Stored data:
====
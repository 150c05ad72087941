//! The walk: the statements are executed without values.
ghost use Rattle.std.specs.Prelude.{◌≡◌, ◌≤◌, [], ◌∷◌, ◌++◌, map, OnOk, true};
ghost use Rattle.std.specs.List.{list_all};
ghost use Rattle.kernel_ast.specs.Steps.{each, in_turn};
ghost use Rattle.kernel_ast.specs.Walk as spec;
ghost use Rattle.kernel_ast.specs.Meaning.{fault_of};
ghost use Rattle.kernel_ast.specs.Weights as weights;
ghost use Rattle.kernel_walk.specs.LightStatements.{is_light};
ghost use Rattle.kernel_walk.specs.Outcomes.{Gives, Answers, Finds};
ghost use Rattle.kernel_walk.specs.PlacesLookedAt.{all_located, places_of_link};

use crate::counting::count;
use crate::index::{condition, loop_numbers};
use crate::numbers::LoopNumbers;
use crate::place::locate;
use crate::stop::Stop;
use kernel_ast::{Expr, Fault, Kernel, Link, Place, Stmt, weight};
use std::alloc::Global;

/// Looks at the places of an expression, from left to right.
#[cycle(places)]
fn look_at_places(kernel: &Kernel, indices: &[i64], expr: &Expr) -> Result<(), Fault>
    ensures { result ≡ all_located kernel.now.decls indices.now (spec.places_of expr.now) }
{
    match expr {
        Expr::Number(_) | Expr::Turn(_) => Ok(()),
        Expr::Cell(place) => look_at(kernel, indices, place),
        Expr::Minus { value, .. } => look_at_places(kernel, indices, value.get()),
        Expr::Chain { first, rest } => {
            look_at_places(kernel, indices, first.get())?;
            look_at_links(kernel, indices, rest.as_slice())
        }
        Expr::Call { args, .. } => look_at_arguments(kernel, indices, args.as_slice()),
    }
}

/// Looks at the places of the right operands of a chain.
#[cycle(places)]
fn look_at_links(kernel: &Kernel, indices: &[i64], rest: &[Link]) -> Result<(), Fault>
    ensures { result ≡ all_located kernel.now.decls indices.now (spec.joined (map places_of_link rest.now)) }
{
    'each_link: for link in rest {
        look_at_places(kernel, indices, &link.value)?;
    }
    Ok(())
}

/// Looks at the places of the arguments of a call.
#[cycle(places)]
fn look_at_arguments(kernel: &Kernel, indices: &[i64], args: &[Expr]) -> Result<(), Fault>
    ensures { result ≡ all_located kernel.now.decls indices.now (spec.joined (map spec.places_of args.now)) }
{
    'each_argument: for arg in args {
        look_at_places(kernel, indices, arg)?;
    }
    Ok(())
}

/// Looks at a place: it names an element.
fn look_at(kernel: &Kernel, indices: &[i64], place: &Place) -> Result<(), Fault>
    ensures { result ≡ all_located kernel.now.decls indices.now (place.now ∷ []) }
{
    locate(kernel, indices, place)?;
    Ok(())
}

/// A walk under way: the indices of the open loops from outside, and the turns that were counted.
#[derive(Drop)]
struct Progress {
    indices: Vec<i64>,
    turns: u32,
}

impl Progress {
    /// Counts so many turns more.
    fn count(&mut self, at: u32, more: u32) -> Result<(), Stop>
        ensures counted { Gives (spec.count at more self.old.turns) self.new.turns result }
        ensures same { self.new.indices ≡ self.old.indices }
    {
        self.turns = count(at, more, self.turns)?;
        Ok(())
    }

    /// Looks at the places of an assignment: at those of the right side from left to right, and last at the target.
    #[tactic(auto, using(crate::proofs::LocatedPlaces::all_located_append, crate::proofs::LocatedPlaces::each_look_at))]
    fn look_at_assignment(&self, kernel: &Kernel, target: &Place, value: &Expr) -> Result<(), Stop>
        ensures { Gives (each (spec.look_at kernel.now.decls self.now.indices.items) (spec.places_of value.now ++ target.now ∷ []) self.now.turns) self.now.turns result }
    {
        look_at_places(kernel, self.indices.as_slice(), value)?;
        look_at(kernel, self.indices.as_slice(), target)?;
        Ok(())
    }

    #[cycle(statements)]
    #[tactic(auto, using(crate::proofs::LightBodies::is_light_loop, crate::proofs::LightBodies::is_light_branch))]
    fn statement(&mut self, kernel: &Kernel, stmt: &Stmt) -> Result<(), Stop>
        requires light { is_light stmt.now ≡ true }
        ensures walked { Gives (spec.walk kernel.now.decls stmt.now self.old.indices.items self.old.turns) self.new.turns result }
        ensures same { OnOk result (self.new.indices.items ≡ self.old.indices.items) }
    {
        match stmt {
            Stmt::Assign { target, value, at } => {
                self.count(*at, weight(stmt))?;
                self.look_at_assignment(kernel, target, value)
            }
            Stmt::Loop {
                from,
                to,
                by,
                body,
                at,
            } => {
                self.count(*at, weight(stmt))?;
                let numbers = loop_numbers(self.indices.as_slice(), from, to, by)?;
                self.turns(kernel, body.as_slice(), *at, numbers)
            }
            Stmt::Branch {
                left,
                rel,
                right,
                taken,
                other,
                at,
            } => {
                self.count(*at, weight(stmt))?;
                if condition(self.indices.as_slice(), left, *rel, right)? {
                    self.statements(kernel, taken.as_slice())
                } else {
                    self.statements(kernel, other.as_slice())
                }
            }
        }
    }

    /// The turns of a loop, whose `for` stands at `at`.
    #[cycle(statements)]
    fn turns(
        &mut self,
        kernel: &Kernel,
        body: &[Stmt],
        at: u32,
        numbers: LoopNumbers,
    ) -> Result<(), Stop>
        requires light { list_all is_light body.now ≡ true }
        ensures walked { Gives (each (spec.one_turn (map (spec.walk kernel.now.decls) body.now) at self.old.indices.items) numbers self.old.turns) self.new.turns result }
        ensures same { OnOk result (self.new.indices.items ≡ self.old.indices.items) }
    {
        'each_turn: for i in numbers {
            self.one_turn(kernel, body, at, i)?;
        }
        Ok(())
    }

    #[cycle(statements)]
    #[tactic(auto, unfolding(kernel_ast::specs::Walk::one_turn))]
    fn one_turn(&mut self, kernel: &Kernel, body: &[Stmt], at: u32, i: i64) -> Result<(), Stop>
        requires light { list_all is_light body.now ≡ true }
        ensures walked { Gives (spec.one_turn (map (spec.walk kernel.now.decls) body.now) at self.old.indices.items i self.old.turns) self.new.turns result }
        ensures same { OnOk result (self.new.indices.items ≡ self.old.indices.items) }
    {
        self.count(at, 1)?;
        self.indices.push(i)?;
        self.statements(kernel, body)?;
        self.indices.pop();
        Ok(())
    }

    #[cycle(statements)]
    fn statements(&mut self, kernel: &Kernel, body: &[Stmt]) -> Result<(), Stop>
        requires light { list_all is_light body.now ≡ true }
        ensures walked { Gives (in_turn (spec.all_at (map (spec.walk kernel.now.decls) body.now) self.old.indices.items) self.old.turns) self.new.turns result }
        ensures same { OnOk result (self.new.indices.items ≡ self.old.indices.items) }
    {
        'each_statement: for stmt in body {
            self.statement(kernel, stmt)?;
        }
        Ok(())
    }
}

/// The turns of the statements of a kernel.
fn turns_of(alloc: Global, kernel: &Kernel) -> Result<u32, Stop>
    ensures { Answers (spec.walk_all kernel.now.decls kernel.now.body) result }
{
    let mut progress = Progress {
        indices: Vec::new(alloc),
        turns: 0,
    };
    progress.statements(kernel, kernel.body())?;
    Ok(progress.turns)
}

/// Walks through a kernel: executes its statements without values. On reaching a statement its weight is counted as turns, and 1 at the
/// beginning of each turn of a loop. For a loop the bounds and the step are evaluated then, and the step is tested. For a branch both sides
/// are evaluated then. For an assignment the places of the right side are looked at from left to right, and last the target.
///
/// # Errors
///
/// [`Stop::Fault`] with the first fault of the walk, exactly where it has one: 12 at the statement, or at the `for` of a loop's turn, where
/// the turns counted so far and those to be counted now are above 65,536; 14, 17 and 7 where [`loop_numbers`], [`condition`] and [`locate`]
/// have them.
/// [`Stop::NoMemory`] where memory was wanted and not found.
pub fn walk(alloc: Global, kernel: &Kernel) -> Result<(), Stop>
    ensures { Finds (fault_of (spec.walk_all kernel.now.decls kernel.now.body)) result }
{
    turns_of(alloc, kernel)?;
    Ok(())
}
====
- WHAT YOU SHOULD DO -
The number of lines in the entries holding the word "values" is what is needed. Supply that number only.

- SOLUTION TO THIS EXERCISE -
2